**Supplied material:**
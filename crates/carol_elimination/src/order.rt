ghost use Rattle.std.specs.Prelude.{◌≡◌, IfOk, OnOk};
ghost use Rattle.carol_elimination.specs.Stage.{with_pairs, variables};
ghost use Rattle.carol_elimination.specs.Entries.{terms_of};

use carol_formula::{Row, Variable};
use std::alloc::{AllocError, Global};
use std::collections::BTreeSet;

/// The numbers of the variables of the rows, in ascending order.
pub fn variables_of(alloc: Global, rows: &[Row]) -> Result<Vec<u32>, AllocError>
    ensures { IfOk result (λ v. v.items ≡ variables (terms_of rows.now)) }
{
    let mut found = BTreeSet::new(alloc);
    let mut left = rows;
    while let Some((row, more)) = left.split_last() {
        add(&mut found, row.0.pairs())?;
        left = more;
    }
    in_order(alloc, &found)
}

// The number of the product's variable.
fn number_of(product: &(Variable, i128)) -> u32
    ensures { result ≡ product.now.0 }
{
    let Variable(number) = product.0;
    number
}

// Adds the variables of the products.
fn add(found: &mut BTreeSet<u32>, products: &[(Variable, i128)]) -> Result<(), AllocError>
    ensures { OnOk result (found.new.keys ≡ with_pairs products.now found.old.keys) }
{
    let mut left = products;
    while let Some((product, more)) = left.split_last() {
        found.insert(number_of(product))?;
        left = more;
    }
    Ok(())
}

// The numbers as a list.
fn in_order(alloc: Global, found: &BTreeSet<u32>) -> Result<Vec<u32>, AllocError>
    ensures { IfOk result (λ v. v.items ≡ found.now.keys) }
{
    found.iter().copied().collect(alloc)
}
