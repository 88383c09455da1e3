//! Elimination of variables from rows of whole numbers: as functions of the list of rows, with
//! stages, the least combination of two rows, chosen values, and branches that are due; and in
//! code, over one list of all rows that were made, each with the step that made it.
//!
//! The definitions stand in `specs/`, and their laws in `proofs/`, which the crates above cite.
//!
//! Layer: solver. Called by `carol_linear`.
#![tactic(auto)]

mod allowance;
mod arena;
mod bounds;
mod choice;
mod combination;
mod elimination;
mod next;
mod order;
mod reading;
mod stage;
mod tightening;

pub use allowance::Allowance;
pub use arena::Arena;
pub use choice::{Choice, choose};
pub use elimination::{Elimination, Outcome, eliminate};
pub use order::variables_of;
pub use tightening::divisor;
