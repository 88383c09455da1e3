ghost use Rattle.std.specs.Prelude.{◌≡◌, ◌≢◌, ◌<◌, ◌^◌, true, pos, IfOk};
ghost use Rattle.carol_formula.specs.Bounds.{IsBelow, term_limit};
ghost use Rattle.carol_formula.specs.Linear.{IsTerm};
ghost use Rattle.carol_elimination.specs.Tightened.{content, divided};
ghost use Rattle.carol_elimination.specs.Stage.{is_upper, is_lower, multiplier};
ghost use Rattle.carol_elimination.specs.Reasons.{IsNarrowPair};
ghost use Rattle.carol_elimination.specs.Combination.{IsCombinationOf};

use crate::divisor;
use carol_formula::{Term, TermError, Variable};
use std::alloc::AllocError;

/// The least positive combination of two rows that cancels a variable: `m` times the one and `n`
/// times the other.
#[derive(Drop)]
pub struct Combination {
    pub m: i128,
    pub n: i128,
    pub row: Term,
}

// How often a row is taken whose variable has the coefficient `own`, so that it cancels with
// `other`.
fn multiplier(own: i128, other: i128) -> i128
    requires own { own ≢ pos 0 }
    requires other { IsBelow term_limit other }
    ensures { result ≡ multiplier own other }
{
    let size = other.unsigned_abs();
    (size / divisor(own.unsigned_abs(), size)) as i128
}

/// The least combination of a row that bounds the variable above and one that bounds it below.
/// `TooWide` comes where a product or a sum of it is not below 2^100 in absolute value.
pub fn combine(x: Variable, upper: &Term, lower: &Term) -> Result<Combination, TermError>
    requires above { is_upper x upper.now ≡ true }
    requires below { is_lower x lower.now ≡ true }
    ensures ok { IfOk result (λ c. IsCombinationOf x upper.now lower.now c) }
    ensures too_wide { result ≡ Err TermError.TooWide → ¬ IsNarrowPair x upper.now lower.now }
{
    let rise = upper.coefficient(x);
    let fall = lower.coefficient(x);
    let m = multiplier(rise, fall);
    let n = multiplier(fall, rise);
    let first = upper.scale(m)?;
    let second = lower.scale(n)?;
    let row = first.add(&second)?;
    Ok(Combination { m, n, row })
}

/// The greatest common divisor of the coefficients, and 0 where there is none.
pub fn content(term: &Term) -> u128
    ensures value { result ≡ content term.now.pairs }
    ensures small { result < 2 ^ 100 }
{
    let mut sofar = 0;
    let mut left = term.pairs();
    while let Some((pair, more)) = left.split_first() {
        sofar = divisor(sofar, pair.1.unsigned_abs());
        left = more;
    }
    sofar
}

**The problem:**
A word-for-word copy of the lines from the one with "let row = first.add(&second)?;" through the end of the listing is what should be returned.

**Answer for this exercise:**
    let row = first.add(&second)?;
    Ok(Combination { m, n, row })
}

/// The greatest common divisor of the coefficients, and 0 where there is none.
pub fn content(term: &Term) -> u128
    ensures value { result ≡ content term.now.pairs }
    ensures small { result < 2 ^ 100 }
{
    let mut sofar = 0;
    let mut left = term.pairs();
    while let Some((pair, more)) = left.split_first() {
        sofar = divisor(sofar, pair.1.unsigned_abs());
        left = more;
    }
    sofar
}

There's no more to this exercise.